A direita, a extrema-direita e o discurso de Carlos Moedas
Em toda a Europa, a direita moderada tem vindo a assumir a agenda da extrema-direita como forma de recuperar os eleitores perdidos. Esta tendência, que potencia as ideias populistas, autoritárias, xenófobas e misóginas, é particularmente visível na imigração e na segurança.
Isso aconteceu, por exemplo, em França — com Macron a acusar a Nova Frente Popular de ser “totalmente imigracionista” —, na Finlândia — onde o Governo de coligação de direita adotou um conjunto de medidas anti-imigração impostas pela extrema-direita —, na Suécia — cujo Governo incluiu políticas de extrema-direita nas áreas da segurança, imigração e asilo — e na Dinamarca — onde até o Governo social-democrata tem adotado medidas duras contra a imigração.
Também em Portugal temos assistido a uma clara mudança do discurso do Governo no sentido de restringir a imigração, dificultar a legalização dos imigrantes no nosso país, impedindo-os, inclusivamente, de obter o número da Segurança Social, e, assim, de trabalhar legalmente e de ter direitos sociais, deixando-os ainda mais à mercê da exploração.

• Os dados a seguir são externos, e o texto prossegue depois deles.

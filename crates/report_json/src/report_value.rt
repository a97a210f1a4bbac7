//! The whole report.

ghost use Rattle.std.specs.Prelude.{◌≡◌, ◌<◌, ◌^◌, IfOk, OnOk};
ghost use Rattle.costs.specs.Costs.{cost_of, total_of};
ghost use Rattle.league.specs.League.{teams};
ghost use Rattle.serde_json.specs.View.{members_view, view};
ghost use Rattle.report_json.specs.JsonReport.{cost_data, json_text, league_data, report_data, total_data};
ghost use Rattle.report_json.specs.within.JsonReport.{with_parts, with_season};

use crate::game_values::rounds_value;
use crate::label_values::{round_texts_value, short_names_value, title_value};
use crate::meeting_values::{halves_value, repeats_value};
use crate::rule_values::rules_value;
use crate::run_values::runs_value;
use crate::team_values::{names_value, tours_value};
use costs::{Cost, cost_of};
use fixtures::Schedule;
use league::League;
use serde_json::{Map, Value, json, put};
use std::alloc::{AllocError, Global};
use tours::moved_games;

/// The report as a line of JSON.
#[tactic(auto, using(crate::proofs::NoFloats::report_free), unfolding(crate::specs::JsonReport::json_text))]
pub fn json_report(
    alloc: Global,
    league: &League,
    schedule: &Schedule,
) -> Result<Vec<u8>, AllocError>
    requires { schedule.now.teams ≡ teams league.now }
    ensures { IfOk result (λ text. text.items ≡ json_text league.now schedule.now) }
{
    let report = report_value(alloc, league, schedule)?;
    let mut text = report.to_vec(alloc)?;
    text.extend_from_slice(b"\n")?;
    Ok(text)
}

#[tactic(auto, unfolding(crate::specs::JsonReport::report_data))]
fn report_value(alloc: Global, league: &League, schedule: &Schedule) -> Result<Value, AllocError>
    requires { schedule.now.teams ≡ teams league.now }
    ensures { IfOk result (λ value. view value ≡ report_data league.now schedule.now) }
{
    let mut report = Map::new(alloc);
    put_season(alloc, &mut report, league, schedule)?;
    put_parts(alloc, &mut report, league, schedule)?;
    Ok(Value::Object(report))
}

/// Adds the league, the games and what they cost.
fn put_season(
    alloc: Global,
    report: &mut Map<String, Value>,
    league: &League,
    schedule: &Schedule,
) -> Result<(), AllocError>
    requires { schedule.now.teams ≡ teams league.now }
    ensures { OnOk result (members_view report.new.entries ≡ with_season league.now schedule.now (members_view report.old.entries)) }
{
    let cost = cost_value(alloc, league, schedule)?;
    put(report, alloc, "cost", cost)?;
    let terms = league_value(alloc, league)?;
    put(report, alloc, "league", terms)?;
    let rounds = rounds_value(alloc, league, schedule)?;
    put(report, alloc, "rounds", rounds)?;
    let tours = tours_value(alloc, league, schedule)?;
    put(report, alloc, "tours", tours)
}

/// Adds what the cost is made of.
fn put_parts(
    alloc: Global,
    report: &mut Map<String, Value>,
    league: &League,
    schedule: &Schedule,
) -> Result<(), AllocError>
    requires { schedule.now.teams ≡ teams league.now }
    ensures { OnOk result (members_view report.new.entries ≡ with_parts league.now schedule.now (members_view report.old.entries)) }
{
    let halves = halves_value(alloc, league, schedule)?;
    put(report, alloc, "halves", halves)?;
    let repeats = repeats_value(alloc, league, schedule)?;
    put(report, alloc, "repeats", repeats)?;
    let rules = rules_value(alloc, league, schedule)?;
    put(report, alloc, "rules", rules)?;
    let runs = runs_value(alloc, schedule, league.at_most())?;
    put(report, alloc, "runs", runs)
}

fn cost_value(alloc: Global, league: &League, schedule: &Schedule) -> Result<Value, AllocError>
    requires { schedule.now.teams ≡ teams league.now }
    ensures { IfOk result (λ value. view value ≡ cost_data league.now schedule.now (cost_of league.now schedule.now)) }
{
    let cost = cost_of(schedule, league);
    let moved = moved_games(schedule, league);
    json!(in alloc; {
        "feasible": cost.is_feasible(),
        "hard": cost.hard,
        "moved": moved,
        "near": league.near() as u64,
        "soft": cost.soft,
        "total": total_value(cost),
        "travel": cost.travel,
    })
}

/// The total, if no hard limit is broken.
fn total_value(cost: Cost) -> Value
    requires { total_of cost < 2 ^ 64 }
    ensures { view result ≡ total_data cost }
{
    if cost.is_feasible() {
        Value::from(cost.total())
    } else {
        Value::Null
    }
}

fn league_value(alloc: Global, league: &League) -> Result<Value, AllocError>
    ensures { IfOk result (λ value. view value ≡ league_data league.now) }
{
    json!(in alloc; {
        "at_most": league.at_most() as u64,
        "free_repeats": league.free_repeats(),
        "name": title_value(alloc, league)?,
        "phased": league.phased(),
        "round_texts": round_texts_value(alloc, league)?,
        "short": short_names_value(alloc, league)?,
        "teams": names_value(alloc, league)?,
    })
}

Não se trata de controlar ou regular as entradas, trata-se de eliminar os mecanismos de legalização, condenando os imigrantes à clandestinidade.
Mas não só. O discurso populista tem vindo igualmente a ganhar terreno nas intervenções e nas políticas do Governo, a começar pelo tom securitário do primeiro-ministro a propósito dos incêndios (e, mais recentemente, o tom condescendente com que se referiu aos jornalistas). Naturalmente que os incendiários devem ser condenados, no âmbito de processos justos e no quadro da moldura penal para estes crimes, que foi agravada em 2017, mas a intervenção do PM foi simultaneamente uma forma de escamotear as responsabilidades do Governo pelas falhas no combate aos incêndios e de intensificar uma agenda securitária.
O mais grave, no entanto, é a ligação entre imigração e segurança que muitos políticos de direita e extrema-direita têm feito. Estabelecer uma relação de causalidade entre estes temas é falso, perigoso e promotor de conflitos sociais. No “Global Peace Index” de 2023 Portugal foi considerado o 7º país mais pacífico do mundo e, apesar do aumento da imigração, verifica-se que apenas 15% dos reclusos são estrangeiros e que a proporção destes face ao total da população prisional diminuiu 3,8% na última década. Mais: os municípios com maior percentagem de imigrantes têm menos criminalidade, sendo que o que tem aumentado, bem pelo contrário, são os crimes contra imigrantes.
Tão grave como o crescimento da extrema-direita é o facto de a direita (dita) moderada assumir as suas bandeiras. O discurso de Carlos Moedas na comemoração da implantação da República é um exemplo desta apropriação de premissas falsas, alarmistas, xenófobas e geradoras de ódio. Um discurso lamentável, perigoso e irresponsável. O discurso de um político que põe a sua ambição em primeiro lugar e procura a todo o custo ganhar os votos da extrema-direita. Melhor assim, caiu a máscara. Os lisboetas merecem mais e melhor.